August has always seemed to be the doldrums for Piedmont music lovers, though some will remember a few brief seasons relieved by the defunct Foothills Chamber Music Festival. The Carolina Chamber Symphony has stepped up to the plate with the inaugural Carolina Summer Music Festival, August 14-31, held in a series of intriguing venues across Winston-Salem. The second concert of the series, held in the intimate Babcock Hall in Reynolda House had been sold out for days in advance. The engaging program consisted of original and arranged piano works by George Gershwin, leavened by violin and piano duo transcriptions by Jascha Heifetz. The CCS musicians are drawn from free-lancers, regional orchestras, and from higher education institutions.

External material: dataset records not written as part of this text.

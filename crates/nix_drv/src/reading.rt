//! Reading a derivation from its text.

ghost use Rattle.std.specs.Prelude.{◌≡◌, false};
ghost use Rattle.nix_drv.specs.Grammar.{Str};
ghost use Rattle.nix_drv.specs.private.Reading.{bytes_at, escape_at, byte_at, fixed_at, read};
ghost use Rattle.nix_drv.specs.private.ParseFaults.{Gives};
ghost use Rattle.nix_drv.specs.Outcome.{IsReading};

use crate::derivation::Derivation;
use crate::escapes::{letter_of, plain_len, unescape};
use crate::fault::{DrvFault, ParseFault};
use crate::forms::read_parts;
use std::alloc::Global;

/// The greatest number of bytes that a derivation's text may have.
pub const MAX_LEN: usize = 4_194_304;

// The bytes after the wanted ones, with which the bytes must begin.
pub(crate) fn fixed_of<'a>(bytes: &'a [u8], wanted: &[u8]) -> Result<&'a [u8], ParseFault>
    ensures { Gives (λ rest. (tt, rest.now)) result (fixed_at wanted.now bytes.now) }
{
    let mut rest = bytes;
    'wanted: for byte in wanted {
        let [first, after @ ..] = rest else {
            return Err(ParseFault::Left(0));
        };
        if first != byte {
            return Err(ParseFault::Left(rest.len()));
        }
        rest = after;
    }
    Ok(rest)
}

// The byte whose escape has the letter at the head of the bytes, and the bytes after the letter.
fn escape_of(bytes: &[u8]) -> Result<(Option<u8>, &[u8]), ParseFault>
    ensures { Gives (λ x. (x.0, x.1.now)) result (escape_at bytes.now) }
{
    match bytes {
        [] => Err(ParseFault::Left(0)),
        [letter, rest @ ..] => match unescape(*letter) {
            None => Err(ParseFault::Left(bytes.len())),
            escaped => Ok((escaped, rest)),
        },
    }
}

// The first byte of the rest of a string, or none at its last quote, and the bytes after it.
fn byte_of(bytes: &[u8]) -> Result<(Option<u8>, &[u8]), ParseFault>
    ensures { Gives (λ x. (x.0, x.1.now)) result (byte_at bytes.now) }
{
    match bytes {
        [] => Err(ParseFault::Left(0)),
        [b'"', rest @ ..] => Ok((None, rest)),
        [b'\\', rest @ ..] => escape_of(rest),
        [byte, rest @ ..] => match letter_of(*byte) {
            Some(_) => Err(ParseFault::Left(bytes.len())),
            None => Ok((Some(*byte), rest)),
        },
    }
}

// The string at the head of the bytes, and the bytes after it.
#[tactic(auto, unfolding(crate::specs::private::Reading::read))]
pub(crate) fn str_of(alloc: Global, bytes: &[u8]) -> Result<(Vec<u8>, &[u8]), ParseFault>
    ensures { Gives (λ x. (x.0.items, x.1.now)) result (read Str bytes.now) }
{
    let rest = fixed_of(bytes, b"\"")?;
    spelled_of(alloc, rest)
}

// The string whose first quote is just before the bytes, and the bytes after its last quote.
fn spelled_of(alloc: Global, bytes: &[u8]) -> Result<(Vec<u8>, &[u8]), ParseFault>
    ensures { Gives (λ x. (x.0.items, x.1.now)) result (bytes_at false bytes.now) }
{
    let mut rest = bytes;
    let mut value = Vec::new(alloc);
    'bytes: loop {
        let (run, special) = rest.split_at(plain_len(rest));
        value.extend_from_slice(run)?;
        match byte_of(special)? {
            (Some(byte), after) => {
                value.push(byte)?;
                rest = after;
            }
            (None, after) => return Ok((value, after)),
        }
    }
}

/// The derivation whose text the bytes are.
///
/// Answers `DrvFault::TooLong` for more than `MAX_LEN` bytes, else `DrvFault::Syntax` where the
/// bytes aren't in the language, even without its order rules, else `DrvFault::Order` where they
/// break an order rule. Passes over the bytes once and over the value once.
pub fn read(alloc: Global, input: &[u8]) -> Result<Derivation, DrvFault>
    ensures { IsReading input.now result }
{
    if input.len() > MAX_LEN {
        return Err(DrvFault::TooLong);
    }
    match read_parts(alloc, input) {
        Ok((parts, rest)) => {
            if rest.is_empty() {
                match Derivation::in_order(parts) {
                    Ok(derivation) => Ok(derivation),
                    Err(offset) => Err(DrvFault::Order(offset)),
                }
            } else {
                Err(DrvFault::Syntax(input.len() - rest.len()))
            }
        }
        Err(ParseFault::Left(left)) => Err(DrvFault::Syntax(input.len() - left)),
        Err(ParseFault::NoMemory) => Err(DrvFault::NoMemory),
    }
}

Reynolda House host Phil Archer briefly covered Gershwin’s biography and artistic achievements. He quoted the composer’s hint to performers “play staccato, not as legato as in European music.” He reminded concertgoers that composers such as Rachmaninoff, Schoenberg, and Stravinsky admired Gershwin’s music.

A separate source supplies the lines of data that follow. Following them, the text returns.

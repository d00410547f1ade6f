//! The bytes that strings write by an escape.

ghost use Rattle.std.specs.Prelude.{false, ◌≡◌, ◌≤◌, ℕ, ◌<◌, true, is_some, length, position, slice_index};
ghost use Rattle.nix_drv.specs.Strings.{is_plain, letter, unescaped};

// The letter of the byte's escape, if the byte has an escape.
pub(crate) fn letter_of(byte: u8) -> Option<u8>
    ensures { result ≡ letter byte }
{
    match byte {
        b'"' => Some(b'"'),
        b'\\' => Some(b'\\'),
        b'\n' => Some(b'n'),
        b'\r' => Some(b'r'),
        b'\t' => Some(b't'),
        _ => None,
    }
}

// The byte whose escape has the letter, if there is one.
pub(crate) fn unescape(letter: u8) -> Option<u8>
    ensures { result ≡ unescaped letter }
{
    match letter {
        b'"' => Some(b'"'),
        b'\\' => Some(b'\\'),
        b'n' => Some(b'\n'),
        b'r' => Some(b'\r'),
        b't' => Some(b'\t'),
        _ => None,
    }
}

// The offset of the first byte that has an escape, if there is one.
fn escape_offset(bytes: &[u8]) -> Option<usize>
    ensures { result ≡ position (λ b. is_some (letter b)) bytes.now }
{
    bytes.iter().position(|byte| letter_of(*byte).is_some())
}

// The number of bytes before the first that has an escape, or of all bytes where none has one.
// Looks at no byte after that first one.
pub(crate) fn plain_len(bytes: &[u8]) -> usize
    ensures within { result ≤ length bytes.now }
    ensures plain { (k : ℕ) → k < result → is_plain (slice_index bytes.now k) ≡ true }
    ensures ends { result < length bytes.now → is_plain (slice_index bytes.now result) ≡ false }
{
    escape_offset(bytes).unwrap_or(bytes.len())
}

Pianist Ruskin Cooper teaches at Davidson College and is an active recitalist, chamber musician, teacher, clinician, and adjudicator both nationally and internationally. He was new to me but he really blew me away as he burned up the keyboard in some of Gershwin’s finest works. The program opened with Gershwin’s earliest success in Tin Pan Alley, “Rialto Ripples,” a rag co-written with Will Donaldson. Cooper said the 15 year-old composer had “dashed it off on a Friday night and sold it for $5 to spend on the weekend.” It featured a striding march rhythm in the left hand set against an inventive, playful melody in the right hand. This was followed by 18 hit songs, most having lyrics by Ira Gershwin, arranged for solo piano by the composer. The rich harmonies of “The Man I Love” suggested the influence of Rachmaninoff’s style. “Fascinating Rhythm” was brighter, more treble rich than I am used to hearing. “I got Rhythm” was aptly infectious. Among the intriguing lesser known songs were “Do Do Do,” “Who Cares?” and “Liza.”
Heifetz clearly ignored Gershwin’s hint, leavening his arrangements of five arias from the opera Porgy and Bess with lots of vibrato. Cooper ably supported Wake Forest University based violinist Jacqui Carrasco, one of the state’s most versatile musicians. The selections ranged from the languorous “Summertime,” the sarcastic “A Woman is a Sometime Thing” and “It Ain’t Necessarily So,” the heartbreaking “My Man’s Gone Now,” and the searing “Bess, You is My Woman Now.” Carrasco’s intonation and phrasing were immaculate.
Cooper introduced Three Preludes for Piano by drawing attention to Gershwin’s superfast recording of the works, in which he had rushed to get all on one 78 rpm disc. Cooper gave these little jewels plenty of breathing room, allowing them to blossom.
Gershwin promised Paul Whiteman a work to be premiered by the latter’s jazz band. He promptly forgot about it until he saw ads for the concert in the newspapers barely three weeks before the concert. Drawing upon his notebooks of sketches of ideas as well as inspiration, the composer managed to meet the deadline. The original version for piano and jazz band was followed by a version with orchestra, a two-piano and orchestra version, and the version selected by Cooper. In this version, Gershwin arranged elements of the solo piano part AND the orchestra parts for a solo piano. Cooper turned in a bravura performance as impressive in its overall sweep as in its detail. His breathtaking performance was rewarded by the audience leaping to a prolonged, and richly deserved standing ovation.
Carrasco joined Cooper for a consummate performance of an arrangement of Gershwin’s “The Man I Love,” the perfect choice for an encore. This entire concert deserves preservation on CD.